I have four kids. Not just any kids. My kids are special. Yeah, I know. Everyone thinks their kids are special, but you don’t understand. My kids are really something else. My kids will wear you out, exhaust your sanity, eat everything in your house, disassemble your car, send the neighbors to the E.R., somehow manage to be elected class Gestapo leader, and start a new cosmetic company all in the same day. They are going to be president some day. At least my third one is. The first is going to be her lawyer though, the second is going to be her demolition crew, and the fourth is going to be her celebrity endorser.
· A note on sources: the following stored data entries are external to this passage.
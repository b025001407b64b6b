//! The lines of entries, written.

ghost use Rattle.std.specs.Prelude.{◌≡◌, ◌++◌, ◌∷◌, [], OnErr, OnOk, string_bytes};
ghost use Rattle.run_text.specs.TraceText.{name_at};
ghost use Rattle.trace_entries.specs.Entries.{entry_line};
ghost use Rattle.trace_entries.specs.LineNames.{var_names, vars_at};

use crate::entry::Entry;
use run_text::{Names, VarName, name, write_hex, write_label, write_sent, write_values};
use std::alloc::Global;
use tap_base::{Bytes, NoMemory, item};

/// Appends the line of an entry, and its line feed.
///
/// # Errors
///
/// `NoMemory`; the line is then as it was.
pub fn write_entry(
    alloc: Global,
    entry: &Entry,
    names: &Names,
    line: &mut Bytes,
) -> Result<(), NoMemory>
    ensures ok { OnOk result (line.new ≡ line.old ++ entry_line names.now entry.now ++ 10 ∷ []) }
    ensures err { OnErr result (line.new ≡ line.old) }
{
    let mut text = String::new(alloc);
    write_text(&mut text, names, entry)?;
    line.items.extend_from_slice(text.as_bytes())?;
    Ok(())
}

/// Appends the line of an entry, and its line feed, to a text.
fn write_text(text: &mut String, names: &Names, entry: &Entry) -> Result<(), NoMemory>
    ensures { OnOk result (string_bytes text.new ≡ string_bytes text.old ++ entry_line names.now entry.now ++ 10 ∷ []) }
{
    match entry {
        Entry::Label(label) => write_label(text, names, label),
        Entry::Sent { to, bytes } => write_sent(text, names, *to, bytes.as_slice()),
        Entry::Got { from, to, bytes } => {
            write!(text, "got {} {} ", name(names, *from), name(names, *to))?;
            write_hex(text, bytes.as_slice())?;
            Ok(writeln!(text)?)
        }
        Entry::Strangers { count } => Ok(writeln!(text, "strangers {count}")?),
        Entry::Var {
            process,
            var,
            values,
        } => {
            let var = var_name(vars_of(names, *process), *var);
            write!(text, "var {} {var}", name(names, *process))?;
            write_values(text, values.as_slice())?;
            Ok(writeln!(text)?)
        }
        Entry::End => Ok(writeln!(text, "end")?),
    }
}

/// The variables of a process, which has none where there is none of that number.
pub fn vars_of(names: &Names, process: u32) -> &[VarName]
    ensures { result.now ≡ vars_at names.now process }
{
    match item(names.vars.as_slice(), process as usize) {
        Some(vars) => vars.as_slice(),
        None => &[],
    }
}

/// The name of a variable, which is empty where there is none of that number.
fn var_name(vars: &[VarName], var: u32) -> &str
    ensures { result.now ≡ name_at (var_names vars.now) var }
{
    match item(vars, var as usize) {
        Some(found) => found.text.as_str(),
        None => "",
    }
}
I also have a dog. This dog runs like a greyhound, sheds like a himalayan cat, eats like a Saint Bernard, chases UPS guys like a junkyard Doberman Pincer, and pulls on his leash like a Siberian Husky in the Iditarod.
So while I was attempting to pack, my kids let the dog out of the house, and down the road he went. His gleeful bounds across hedges and yards put the nearby deer to shame. My son followed after him in his dad’s golf cart zigzagging across the edges of neighboring yards in a vain attempt to rein him back in to the relative safety of our own yard. I finally got in my Jeep and told Son to go home. I went after the dog and finally caught up to him nearing the end of our street about 3/4 of a mile away, where he promptly came lumbering over at my demand as I opened the door to the car. He loves the car. He must’ve thoroughly enjoyed his romp through the neighborhood judging from his satisfied panting and drooling all over the backseat.
The house is still not packed yet. We are all still alive though.